[Provided records Boundary: Start]

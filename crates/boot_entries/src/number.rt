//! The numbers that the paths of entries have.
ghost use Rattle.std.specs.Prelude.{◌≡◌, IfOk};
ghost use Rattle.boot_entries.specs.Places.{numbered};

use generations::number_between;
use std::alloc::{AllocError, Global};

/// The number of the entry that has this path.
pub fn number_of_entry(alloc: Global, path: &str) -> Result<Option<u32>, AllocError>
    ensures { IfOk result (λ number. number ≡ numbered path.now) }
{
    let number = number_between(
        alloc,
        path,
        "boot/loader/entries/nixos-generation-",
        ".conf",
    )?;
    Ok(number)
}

[Provided records Boundary: End]

■ **What you are asked to do**: Lines containing the word "specs" in the entries above should be counted, and only that number given.

■ **Output for this task**: 2